- Born: California
- Occupation: Inventor
- Known for: Turner's Fruit-Press

= Madeline Turner =

American inventor

Madeline M. Turner was a Black American Freedman inventor. She invented Turner's Fruit-Press, which paved the way for further development of the fruit press. She was granted on April 25, 1916 and exhibited her invention at the Panama–California Exposition.

Turner lived in Oakland, California. Her fruit press allowed fruit to be pushed into an opening and cut in half. The fruit would be shifted between different plates until juiced. The press resembled a form of an assembly line. The fruit press was called "ingenious" by a patent review committee member.

== Early life ==
Madeline M. Turner was a trailblazing African American woman born and raised in the vibrant city of Oakland, California. Despite her significant contributions to the world of inventions and fruit juice making, not much is known about her personal life. Madeline M. Turner’s death and birth dates are not known. The inception of Turner's Fruit Press was a moment of practical ingenuity that unfolded in the simple act of squeezing an orange for a morning juice. Faced with the wearisome and time-consuming task, Madeline recognized a universal pain point shared by many—the laborious process of manually extracting juice from fruits. Undeterred by the lack of convenience, she resolved to embark on a journey to create a solution that would simplify this task while maximizing the juice yield from each fruit.

== Inventions ==
Driven by a keen sense of innovation and a keen understanding of the challenges faced by individuals grappling with the laborious task of manually extracting juice from fruits, Madeline M. Turner embarked on a journey. Recognizing the prevalent pain point of inefficiency in the fruit pressing process, she dedicated herself to the development of a groundbreaking product poised to alleviate this struggle and enhance accessibility. Her invention worked by pressing fruit into an opening and being cut in half via a cog. The fruit was then pushed between different plates until it was juiced accordingly.
The fruit press machine was granted U.S. patent 1,180,959 on April 25, 1916. Because of its simple, easy to clean, and efficient design, the invention, which was dubbed “ingenious” by the patent committee, revolutionized the fruit juice process. The invention was then displayed at the Panama-California Exhibition in San Diego.
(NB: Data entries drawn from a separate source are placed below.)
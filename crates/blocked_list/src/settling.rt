//! Who waits is granted, one after another, until nobody can be.
ghost use Rattle.std.specs.Prelude.{◌≡◌, ◌<◌, true, false, length};
ghost use Rattle.definitions.specs.World.{settled_world, the_limits};
ghost use Rattle.definitions.specs.Owners.{Owner as SaidOwner};

/// Grants those who wait.
pub trait Grantor {
    ghost use Rattle.std.specs.Prelude.{ℕ, List, Option};
    ghost use Rattle.definitions.specs.Owners.{Owner};
    ghost use Rattle.definitions.specs.World.{World};

    /// Who waits, and what stands in the way.
    ghost world: { Self → World };

    /// Who has a number.
    ghost names: { Self → List (Option Owner) };

    /// How often the store has refused.
    ghost refusals: { Self → ℕ };

    /// Who holds nothing, and waits for nothing.
    ghost Idle: { Self → Owner → Type 0 };

    /// Grants the first waiter that can be granted. Whether there was one.
    fn grant_next(&mut self) -> bool
        ensures same { settled_world the_limits (world self.new) ≡ settled_world the_limits (world self.old) }
        ensures done { result ≡ false → world self.new ≡ settled_world the_limits (world self.new) }
        ensures fewer { result ≡ true → length (world self.new).waiters < length (world self.old).waiters }
        ensures names { names self.new ≡ names self.old }
        ensures refusals { refusals self.new ≡ refusals self.old }
        ensures idle { (x : Owner) → Idle self.new x → Idle self.old x };
}

/// Grants the first waiter that can be granted, and again from the front, until none can be.
pub fn settle<G: Grantor>(grantor: &mut G)
    ensures world { G.world grantor.new ≡ settled_world the_limits (G.world grantor.old) }
    ensures names { G.names grantor.new ≡ G.names grantor.old }
    ensures refusals { G.refusals grantor.new ≡ G.refusals grantor.old }
    ensures idle { (x : SaidOwner) → G.Idle grantor.new x → G.Idle grantor.old x }
{
    while grantor.grant_next() {}
}
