//! Who would wait for whom in a circle.
ghost use Rattle.std.specs.Prelude.{◌≡◌, ◌<◌, ◌≤◌, ◌+◌, ◌-◌, ◌||◌, ℕ, not, true, false, Some, IsSome, IfSome, IfNone, length, slice_get, slice_index_or};
ghost use Rattle.definitions.specs.Owners.{is_description};
ghost use Rattle.definitions.specs.Waits.{Waiter as OwnerWaiter, closes_cycle};
ghost use Rattle.owner_ids.specs.Names.{names_of_owners};
ghost use Rattle.blocked_list.specs.Reach.{leads, MarksLed};
ghost use Rattle.blocked_list.specs.Waiting.{owner_at};
ghost use Rattle.blocked_list.specs.Standing.{WhereWants};

use crate::slots::Slots;
use owner_ids::{OwnerId, Owners};
use range_table::{RangeTable, Wanted};

impl Slots {
    /// Whether one who waited for this lock would wait, directly or through others, for itself (POSIX fcntl, EDEADLK).
    /// Open file descriptions are neither askers nor steps of a cycle.
    pub fn closes_cycle<T: RangeTable>(&self, table: &T, owners: &Owners, wanted: &Wanted) -> bool
        ensures { WhereWants (names_of_owners owners.now) (T.settings table.now) self.now.waiters wanted.now (λ settings waiters r. result ≡ closes_cycle settings waiters r) }
    {
        if !is_step(owners, wanted.run().owner) {
            return false;
        }
        let mut reached = unmarked();
        let mut followed = unmarked();
        self.comes_back(table, owners, wanted, &mut reached, &mut followed)
    }

    // Whether somebody whom this lock makes wait for, directly or through others, waits for its owner. Each who was reached
    // is followed once.
    fn comes_back<T: RangeTable>(
        &self,
        table: &T,
        owners: &Owners,
        wanted: &Wanted,
        reached: &mut [bool; 8192],
        followed: &mut [bool; 8192],
    ) -> bool
        requires nobody { (k : ℕ) → slice_index_or reached.old k false ≡ false }
        requires nowhere { (k : ℕ) → slice_index_or followed.old k false ≡ false }
        ensures { WhereWants (names_of_owners owners.now) (T.settings table.now) self.now.waiters wanted.now (λ settings waiters r. is_description (owner_at (names_of_owners owners.now) wanted.now.owner) ≡ false → result ≡ closes_cycle settings waiters r) }
    {
        self.reach(table, owners, wanted, reached);
        while let Some(place) = pending(reached, followed, self.waiters.len()) {
            followed[place] = true;
            let next = self.waiters[place].asked();
            if held_locks::conflicts_with(table, owners, next, wanted.run().owner) {
                return true;
            }
            self.reach(table, owners, next, reached);
        }
        false
    }

    // Marks the waiters whose modes keep this lock out, but for descriptions.
    fn reach<T: RangeTable>(
        &self,
        table: &T,
        owners: &Owners,
        wanted: &Wanted,
        reached: &mut [bool; 8192],
    )
        ensures { WhereWants (names_of_owners owners.now) (T.settings table.now) self.now.waiters wanted.now (λ settings waiters r. MarksLed reached.old reached.new settings waiters r) }
    {
        for place in 0..self.waiters.len() {
            reached[place] = self.is_reached(table, owners, wanted, place, reached[place]);
        }
    }

    // Whether the waiter at this place was reached before, or is now.
    fn is_reached<T: RangeTable>(
        &self,
        table: &T,
        owners: &Owners,
        wanted: &Wanted,
        place: usize,
        before: bool,
    ) -> bool
        requires there { place < length self.now.waiters }
        ensures { WhereWants (names_of_owners owners.now) (T.settings table.now) self.now.waiters wanted.now (λ settings waiters r. (x : OwnerWaiter) → slice_get waiters place ≡ Some x → result ≡ (before || leads settings r x)) }
    {
        before || self.leads_to(table, owners, wanted, place)
    }

    // Whether the waiter at this place is no description, and its modes keep this lock out.
    fn leads_to<T: RangeTable>(
        &self,
        table: &T,
        owners: &Owners,
        wanted: &Wanted,
        place: usize,
    ) -> bool
        requires there { place < length self.now.waiters }
        ensures { WhereWants (names_of_owners owners.now) (T.settings table.now) self.now.waiters wanted.now (λ settings waiters r. (x : OwnerWaiter) → slice_get waiters place ≡ Some x → result ≡ leads settings r x) }
    {
        let owner = self.waiters[place].wanted().owner;
        is_step(owners, owner) && held_locks::conflicts_with(table, owners, wanted, owner)
    }
}

// Whether the owner can be a step of a cycle: an open file description can't.
fn is_step(owners: &Owners, owner: OwnerId) -> bool
    ensures { IsSome (names_of_owners owners.now owner) → result ≡ not (is_description (owner_at (names_of_owners owners.now) owner)) }
{
    match owners.find(owner) {
        Some(found) => !found.is_description(),
        None => true,
    }
}

// The first of so many places that was reached and not followed.
fn pending(reached: &[bool; 8192], followed: &[bool; 8192], count: usize) -> Option<usize>
    requires { count ≤ 8192 }
    ensures some { IfSome result (λ place. (place < count) × (slice_index_or reached.now place false ≡ true) × (slice_index_or followed.now place false ≡ false)) }
    ensures none { IfNone result ((k : ℕ) → k < count → slice_index_or reached.now k false ≡ true → slice_index_or followed.now k false ≡ true) }
{
    for place in 0..count {
        if reached[place] && !followed[place] {
            return Some(place);
        }
    }
    None
}

// A mark for each place, and none is made.
fn unmarked() -> [bool; 8192]
    ensures { (k : ℕ) → slice_index_or result k false ≡ false }
{
    [false; 8192]
}
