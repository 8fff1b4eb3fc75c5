//! Who waits for which file.
ghost use Rattle.std.specs.Prelude.{◌≡◌, ◌<◌, ◌≤◌, ◌+◌, ◌∷◌, ◌++◌, ℕ, List, [], length, map, take, drop, IfOk};
ghost use Rattle.std.specs.Ordering.{is_lt, is_le};
ghost use Rattle.range_table.specs.File.{file_cmp};
ghost use Rattle.blocked_list.specs.ByFile.{AreByFile, IsIndex, IsPoint, below, file_at, moved_up, places_of, without_place};

use crate::waiter::Waiter;
use callbacks::MOST_SLOTS;
use range_table::FileId;
use std::alloc::{AllocError, Global};
use std::cmp::Ordering;
use std::marker::Model;

const NO_BYTES: &[u8] = &[];

/// The places of waiters, by file and then in the order of waiting, so that a file's are found by two binary searches.
/// A clause sees the places.
///
/// They are kept beside the list, in 2 bytes each. A waiter that comes or goes moves or renumbers those behind it.
#[derive(Drop)]
pub(crate) struct ByFile {
    places: Vec<u16>,
}

impl Model for ByFile {
    ghost use Rattle.std.specs.Prelude.{List, ℕ, ◌≤◌, vec_capacity};

    ghost Value = { List ℕ };

    ghost view = { λ b. b.places.items };

    ghost invariant = { λ b. 8192 ≤ vec_capacity b.places };
}

impl ByFile {
    /// Of nobody, with room for all.
    pub(crate) fn new(alloc: Global) -> Result<ByFile, AllocError>
        ensures { IfOk result (λ by_file. by_file ≡ []) }
    {
        Ok(ByFile {
            places: Vec::with_capacity(alloc, MOST_SLOTS)?,
        })
    }

    /// Where those stand who wait for this file, the first in front.
    pub(crate) fn part(&self, waiters: &[Waiter], file: &FileId) -> &[u16]
        requires { IsIndex (file_at waiters.now) (length waiters.now) self.now }
        ensures { result.now ≡ places_of (file_at waiters.now) file.now (below (length waiters.now)) }
    {
        let places = self.places.as_slice();
        let begin = places.partition_point(|place| is_before(waiters, *place, file));
        let rest = &places[begin..];
        &rest[..count_upto(rest, waiters, file)]
    }

    /// The waiter at this place, behind all that are known, is known too.
    pub(crate) fn add(&mut self, waiters: &[Waiter], place: usize)
        requires there { place < length waiters.now }
        requires few { length waiters.now ≤ MOST_SLOTS }
        requires before { IsIndex (file_at waiters.now) place self.old }
        ensures { IsIndex (file_at waiters.now) (place + 1) self.new }
    {
        let file = &waiters[place].wanted().file;
        let at = count_upto(self.places.as_slice(), waiters, file);
        self.places.push_reserved(place as u16);
        bring_last(self.places.as_mut_slice(), at);
    }

    /// Nobody stands at this place any more, and those behind it stand one place further in front.
    pub(crate) fn remove(&mut self, place: usize)
        ensures { self.new ≡ without_place place self.old }
    {
        self.places.retain(|other| usize::from(*other) != place);
        move_up(self.places.as_mut_slice(), place);
    }

    /// Some of so many waiters may be gone. Where one is, all are found anew.
    pub(crate) fn renew_after(&mut self, waiters: &[Waiter], before: usize)
        requires few { length waiters.now ≤ MOST_SLOTS }
        requires same { before ≤ length waiters.now → IsIndex (file_at waiters.now) (length waiters.now) self.old }
        ensures { IsIndex (file_at waiters.now) (length waiters.now) self.new }
    {
        if waiters.len() < before {
            self.renew(waiters);
        }
    }

    fn renew(&mut self, waiters: &[Waiter])
        requires { length waiters.now ≤ MOST_SLOTS }
        ensures { IsIndex (file_at waiters.now) (length waiters.now) self.new }
    {
        self.places.clear();
        for place in 0..waiters.len() {
            self.add(waiters, place);
        }
    }

    pub(crate) fn clear(&mut self)
        ensures { self.new ≡ [] }
    {
        self.places.clear();
    }
}

// The last place comes to stand here, in front of those that stood here.
fn bring_last(places: &mut [u16], at: usize)
    requires { at < length places.old }
    ensures { (ps : List ℕ) (p : ℕ) → places.old ≡ ps ++ p ∷ [] → places.new ≡ take at ps ++ p ∷ drop at ps }
{
    places[at..].rotate_right(1);
}

// The places behind this one are one less.
fn move_up(places: &mut [u16], place: usize)
    ensures { places.new ≡ map (moved_up place) places.old }
{
    for other in places.iter_mut() {
        *other = moved_up(*other, place);
    }
}

fn moved_up(other: u16, place: usize) -> u16
    ensures { result ≡ moved_up place other }
{
    if usize::from(other) > place {
        other - 1
    } else {
        other
    }
}

// How the file that the waiter at this place waits for stands to another. Where nobody stands, as one of no bytes.
#[tactic(auto, unfolding(range_table::specs::File::file_cmp))]
fn order_at(waiters: &[Waiter], place: u16, file: &FileId) -> Ordering
    ensures { result ≡ file_cmp (file_at waiters.now place) file.now }
{
    match waiters.get(usize::from(place)) {
        Some(waiter) => waiter.wanted().file.order(file),
        None => NO_BYTES.cmp(file.as_bytes()),
    }
}

fn is_before(waiters: &[Waiter], place: u16, file: &FileId) -> bool
    ensures { result ≡ is_lt (file_cmp (file_at waiters.now place) file.now) }
{
    order_at(waiters, place, file).is_lt()
}

fn is_upto(waiters: &[Waiter], place: u16, file: &FileId) -> bool
    ensures { result ≡ is_le (file_cmp (file_at waiters.now place) file.now) }
{
    order_at(waiters, place, file).is_le()
}

// How many in front wait for this file or for one before it. Often nobody does, and then only the first is looked at.
fn count_upto(places: &[u16], waiters: &[Waiter], file: &FileId) -> usize
    requires { AreByFile (file_at waiters.now) places.now }
    ensures bound { result ≤ length places.now }
    ensures point { IsPoint (λ p. is_le (file_cmp (file_at waiters.now p) file.now)) places.now result }
{
    match places.first() {
        Some(place) if is_upto(waiters, *place, file) => {
            places.partition_point(|place| is_upto(waiters, *place, file))
        }
        _ => 0,
    }
}
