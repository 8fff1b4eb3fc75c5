//! What one look at a book copies.
ghost use Rattle.std.specs.Prelude.{◌≡◌, IfOk, IfErr};
ghost use Rattle.entry_counts.specs.Counted.{AreCountsOf};
ghost use Rattle.workers.specs.Holds.{history_of};
ghost use Rattle.status_lists.specs.Views.{AreNumbersOf, AreWaitersOf, AreListedIf, shows_lists};

use crate::lists::{lists_of, waiters_of};
use crate::numbers::numbers_of;
use book::Book;
use event_counts::Counts;
use hosts_db::HostStore;
use range_table::RangeTable;
use status_pages::{Lists, Page, Starved, StateNumbers};
use std::alloc::Global;
use std::sync::ledger::Ledger;
use workers::Shared;

/// What one look at a book copies, for a page.
#[derive(Drop)]
pub struct Look {
    pub numbers: StateNumbers,
    /// All that is waited for; the locks and the hosts, where the page shows lists.
    pub lists: Lists,
}

// Whether a page shows lists.
fn shows_lists(page: Page) -> bool
    ensures { result ≡ shows_lists page }
{
    match page {
        Page::Index | Page::Locks | Page::Waiters | Page::Hosts => true,
        Page::Metrics | Page::Status => false,
    }
}

// Those who wait, alone.
fn waiters_alone<R: RangeTable, S: HostStore>(
    alloc: Global,
    book: &Book<R, S>,
) -> Result<Lists, Starved>
    ensures { IfOk result (λ lists. AreWaitersOf book.now.journal.end.world lists) }
{
    Ok(Lists {
        locks: Vec::new(alloc),
        waiters: waiters_of(alloc, book.world())?,
        hosts: Vec::new(alloc),
    })
}

// All lists, or those who wait alone.
fn lists_if<R: RangeTable, S: HostStore>(
    alloc: Global,
    book: &Book<R, S>,
    all: bool,
) -> Result<Lists, Starved>
    ensures { IfOk result (λ lists. AreListedIf all book.now.journal.end.world lists) }
{
    if all {
        lists_of(alloc, book)
    } else {
        waiters_alone(alloc, book)
    }
}

/// Copies what a page shows, all of one moment: the numbers of the state, the lists, and how many entries of each kind there were,
/// for which the caller has the room: that is large for a stack. It is called in one hold of the book's lock. `Starved`: there is no
/// memory for a copy of the lists, and `counts` is as it was.
pub fn look_at<R: RangeTable, S: HostStore, L: Ledger>(
    alloc: Global,
    shared: &Shared<R, S, L>,
    page: Page,
    counts: &mut Counts,
) -> Result<Look, Starved>
    ensures numbers { IfOk result (λ look. AreNumbersOf shared.now.book.journal look.numbers) }
    ensures counts { IfOk result (λ _. AreCountsOf (history_of shared.now).notes counts.new) }
    ensures stays { IfErr result (λ _. counts.new ≡ counts.old) }
    ensures lists { IfOk result (λ look. AreListedIf (shows_lists page) shared.now.book.journal.end.world look.lists) }
{
    let book = shared.book();
    let lists = lists_if(alloc, book, shows_lists(page))?;
    let numbers = numbers_of(book);
    *counts = shared.counts().copied();
    Ok(Look { numbers, lists })
}
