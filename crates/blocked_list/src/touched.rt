//! Which bytes a change touches.
ghost use Rattle.std.specs.Prelude.{◌≡◌, ◌&&◌, leb};
ghost use Rattle.definitions.specs.Bytes.{same_bytes};
ghost use Rattle.blocked_list.specs.Touches.{greater, joined, lesser, meets};

use range_table::{FileId, Run};

/// Bytes of a file, from the first to the last.
#[derive(Clone, Copy)]
pub struct Touched {
    pub file: FileId,
    pub first: u64,
    pub last: u64,
}

impl Touched {
    /// All bytes of a file.
    pub fn whole(file: &FileId) -> Touched
        ensures { result ≡ record { file = file.now; first = 0; last = 18446744073709551615 } }
    {
        Touched {
            file: *file,
            first: 0,
            last: u64::MAX,
        }
    }

    /// What a lock spans.
    pub fn of(run: &Run) -> Touched
        ensures { result ≡ record { file = run.now.file; first = run.now.first; last = run.now.last } }
    {
        Touched {
            file: run.file,
            first: run.first,
            last: run.last,
        }
    }

    /// Whether both are on one file.
    #[tactic(auto, using(held_locks::proofs::Words::file_same))]
    pub fn is_beside(&self, other: &Touched) -> bool
        ensures { result ≡ same_bytes self.now.file other.now.file }
    {
        self.file.is_same(&other.file)
    }

    /// From the lesser first byte of the two to the greater last byte, on this one's file.
    pub fn with(&self, other: &Touched) -> Touched
        ensures { result ≡ joined self.now other.now }
    {
        Touched {
            file: self.file,
            first: lesser(self.first, other.first),
            last: greater(self.last, other.last),
        }
    }

    /// Whether a byte of theirs is one that the lock spans, on whatever file.
    pub(crate) fn meets(&self, run: &Run) -> bool
        ensures { result ≡ meets self.now run.now.first run.now.last }
    {
        run.first <= self.last && self.first <= run.last
    }
}

pub(crate) fn lesser(a: u64, b: u64) -> u64
    ensures { result ≡ lesser a b }
{
    if a <= b { a } else { b }
}

pub(crate) fn greater(a: u64, b: u64) -> u64
    ensures { result ≡ greater a b }
{
    if a <= b { b } else { a }
}
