//! The numbers.
ghost use Rattle.std.specs.Prelude.{◌≡◌, ◌≤◌, length};
ghost use Rattle.definitions.specs.Outgoing.{Outgoing};
ghost use Rattle.status_lists.specs.Views.{due_of, grace_number, AreNumbersOf};
ghost use Rattle.grace.specs.Meanings.{view_of_phase};

use book::Book;
use grace::Phase;
use hosts_db::HostStore;
use lock_state::OutCalls;
use range_table::RangeTable;
use status_pages::StateNumbers;

fn due(calls: &OutCalls) -> usize
    ensures due { result ≡ due_of calls.now }
    ensures most { result ≤ length calls.now }
{
    calls.as_slice().iter().filter(|call| call.is_due()).count()
}

fn grace_number(phase: Phase) -> u64
    ensures { result ≡ grace_number (view_of_phase phase) }
{
    match phase {
        Phase::Grace => 1,
        Phase::Normal => 0,
    }
}

/// The numbers of the state and of the journal that leads to it. It goes through the calls that are not done, and takes no memory.
pub fn numbers_of<R: RangeTable, S: HostStore>(book: &Book<R, S>) -> StateNumbers
    ensures { AreNumbersOf book.now.journal result }
{
    let world = book.world();
    let calls = world.calls();
    let calls_due = due(calls);
    let stored = world.store().kept();
    StateNumbers {
        runs: u64::from(world.locks().used()),
        waiters: world.waiting() as u64,
        calls_due: calls_due as u64,
        calls_unanswered: (calls.len() - calls_due) as u64,
        slots_free: world.free_slots() as u64,
        shares: world.shares().len() as u64,
        hosts: stored.hosts().len() as u64,
        watches: stored.watches().len() as u64,
        kept_replies: book.kept_replies() as u64,
        grace: grace_number(world.phase()),
        own_state: stored.own(),
        entries: book.entries(),
    }
}
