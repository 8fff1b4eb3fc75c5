//! Who is granted next.
ghost use Rattle.std.specs.Prelude.{◌≡◌, ◌<◌, ◌+◌, ◌*◌, false, length, IfSome};
ghost use Rattle.definitions.specs.Starts.{is_short};
ghost use Rattle.owner_ids.specs.Names.{names_of_owners};
ghost use Rattle.definitions.specs.First.{IsFirstPlace};
ghost use Rattle.blocked_list.specs.Standing.{WhereCounted};
ghost use Rattle.blocked_list.specs.Hulls.{IsFirstUpto};
ghost use Rattle.blocked_list.specs.Ready.{IsFirstReady, IsFirstReadyOn, is_ready_on};

use crate::hulls::{BLOCKS, TOGETHER};
use crate::quotas::Quotas;
use crate::slots::Slots;
use crate::touched::Touched;
use held_locks::RunsOfHosts;
use owner_ids::Owners;
use range_table::RangeTable;

impl Slots {
    /// Where the first waiter stands whose lock nobody is in the way of, nor its host's quota, where 2 runs are free; then it
    /// can be granted. How many runs the hosts have is told by `hosts`.
    pub fn next_grantable<T: RangeTable, H: RunsOfHosts, Q: Quotas>(
        &self,
        table: &T,
        owners: &Owners,
        hosts: &H,
        quotas: &Q,
    ) -> Option<usize>
        ensures bound { IfSome result (λ place. place < length self.now.waiters) }
        ensures first { WhereCounted (names_of_owners owners.now) (T.settings table.now) self.now.waiters (H.runs hosts.now) (λ settings waiters. IsFirstReady (Q.by_host quotas.now) settings waiters result) }
    {
        if held_locks::is_short(table, owners) {
            return None;
        }
        for place in 0..self.waiters.len() {
            if self.waiters[place].is_free(table, owners, hosts, quotas) {
                return Some(place);
            }
        }
        None
    }

    /// The same after a change of these bytes alone, where nobody who waits for others can be granted: the table is asked
    /// only of those who wait for one of them, up to the one that is found. Those of the file are told by two binary
    /// searches, so others who wait cost a few comparisons of files.
    pub fn next_grantable_on<T: RangeTable, H: RunsOfHosts, Q: Quotas>(
        &self,
        table: &T,
        owners: &Owners,
        hosts: &H,
        quotas: &Q,
        touched: &Touched,
    ) -> Option<usize>
        ensures bound { IfSome result (λ place. place < length self.now.waiters) }
        ensures first { WhereCounted (names_of_owners owners.now) (T.settings table.now) self.now.waiters (H.runs hosts.now) (λ settings waiters. IsFirstReadyOn touched.now (Q.by_host quotas.now) settings waiters result) }
    {
        self.first_on(table, owners, hosts, quotas, touched)
    }

    // The first that is ready, of those who wait for one of these bytes. Where many wait for the file, those are passed over
    // who stand with none that waits for a byte near.
    fn first_on<T: RangeTable, H: RunsOfHosts, Q: Quotas>(
        &self,
        table: &T,
        owners: &Owners,
        hosts: &H,
        quotas: &Q,
        touched: &Touched,
    ) -> Option<usize>
        ensures bound { IfSome result (λ place. place < length self.now.waiters) }
        ensures first { WhereCounted (names_of_owners owners.now) (T.settings table.now) self.now.waiters (H.runs hosts.now) (λ settings waiters. IsFirstPlace (is_ready_on touched.now (Q.by_host quotas.now) settings) waiters result) }
    {
        if held_locks::is_short(table, owners) {
            return None;
        }
        let part = self.by_file.part(&self.waiters, &touched.file);
        if self.are_many(part) {
            return self.first_of_all(table, owners, hosts, quotas, touched);
        }
        for place in part {
            let place = usize::from(*place);
            if self.waiters[place].is_freed(table, owners, hosts, quotas, touched) {
                return Some(place);
            }
        }
        None
    }

    // Whether those of a file are more than there are bounds, and an eighth of all who wait.
    fn are_many(&self, part: &[u16]) -> bool {
        BLOCKS < part.len() && self.waiters.len() / 8 <= part.len()
    }

    // The same, where 2 runs are free, by a walk over the bounds of those who stand together.
    fn first_of_all<T: RangeTable, H: RunsOfHosts, Q: Quotas>(
        &self,
        table: &T,
        owners: &Owners,
        hosts: &H,
        quotas: &Q,
        touched: &Touched,
    ) -> Option<usize>
        ensures bound { IfSome result (λ place. place < length self.now.waiters) }
        ensures first { WhereCounted (names_of_owners owners.now) (T.settings table.now) self.now.waiters (H.runs hosts.now) (λ settings waiters. is_short 65536 settings ≡ false → IsFirstPlace (is_ready_on touched.now (Q.by_host quotas.now) settings) waiters result) }
    {
        let _free = self.free();
        for block in 0..BLOCKS {
            let first = self.first_near(table, owners, hosts, quotas, touched, block);
            if first.is_some() {
                return first;
            }
        }
        None
    }

    // The first of those who stand together, where none in front of them is ready. Nobody is looked at where no byte of these
    // lies within their bounds.
    fn first_near<T: RangeTable, H: RunsOfHosts, Q: Quotas>(
        &self,
        table: &T,
        owners: &Owners,
        hosts: &H,
        quotas: &Q,
        touched: &Touched,
        block: usize,
    ) -> Option<usize>
        requires { block < 128 }
        ensures bound { IfSome result (λ place. place < length self.now.waiters) }
        ensures first { WhereCounted (names_of_owners owners.now) (T.settings table.now) self.now.waiters (H.runs hosts.now) (λ settings waiters. is_short 65536 settings ≡ false → IsFirstUpto (is_ready_on touched.now (Q.by_host quotas.now) settings) waiters (block * 64) (block * 64 + 64) result) }
    {
        if self.hulls.may_meet(block, touched) {
            return self.first_of_block(table, owners, hosts, quotas, touched, block);
        }
        None
    }

    // The same by a walk over them.
    fn first_of_block<T: RangeTable, H: RunsOfHosts, Q: Quotas>(
        &self,
        table: &T,
        owners: &Owners,
        hosts: &H,
        quotas: &Q,
        touched: &Touched,
        block: usize,
    ) -> Option<usize>
        requires { block < 128 }
        ensures bound { IfSome result (λ place. place < length self.now.waiters) }
        ensures first { WhereCounted (names_of_owners owners.now) (T.settings table.now) self.now.waiters (H.runs hosts.now) (λ settings waiters. is_short 65536 settings ≡ false → IsFirstUpto (is_ready_on touched.now (Q.by_host quotas.now) settings) waiters (block * 64) (block * 64 + 64) result) }
    {
        let begin = block * TOGETHER;
        let end = self.waiters.len().min(begin + TOGETHER);
        for place in begin..end {
            if self.waiters[place].is_freed(table, owners, hosts, quotas, touched) {
                return Some(place);
            }
        }
        None
    }
}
Madeline Turner's invention had a profound impact, revolutionizing the juice industry. Her innovative contribution transformed the way people approached and conducted fruit juice extraction, significantly growing the sector. As a result of her gumption, in 2020 the juice and smoothie industry received a sizable revenue of $2.6 billion. It is incredibly evident that Madeline Turner contributed to the incredible size of this market, as between 1948 and 2014 seven other patents referenced her invention. Due to Madeline Turner’s invention, juicing became a much more efficient process, which allowed businesses to expand their juice selling capabilities. Because of this, 4,170 juice and smoothie businesses exist in the United States of America as of 2022. Additionally, the industry has steadily grown every year. Ultimately, Madeline Turner’s innovative thinking paved the way for an insurmountable amount of business growth and efficiency for herself and for businesses and individuals that followed her. - 2014 have cited her patent.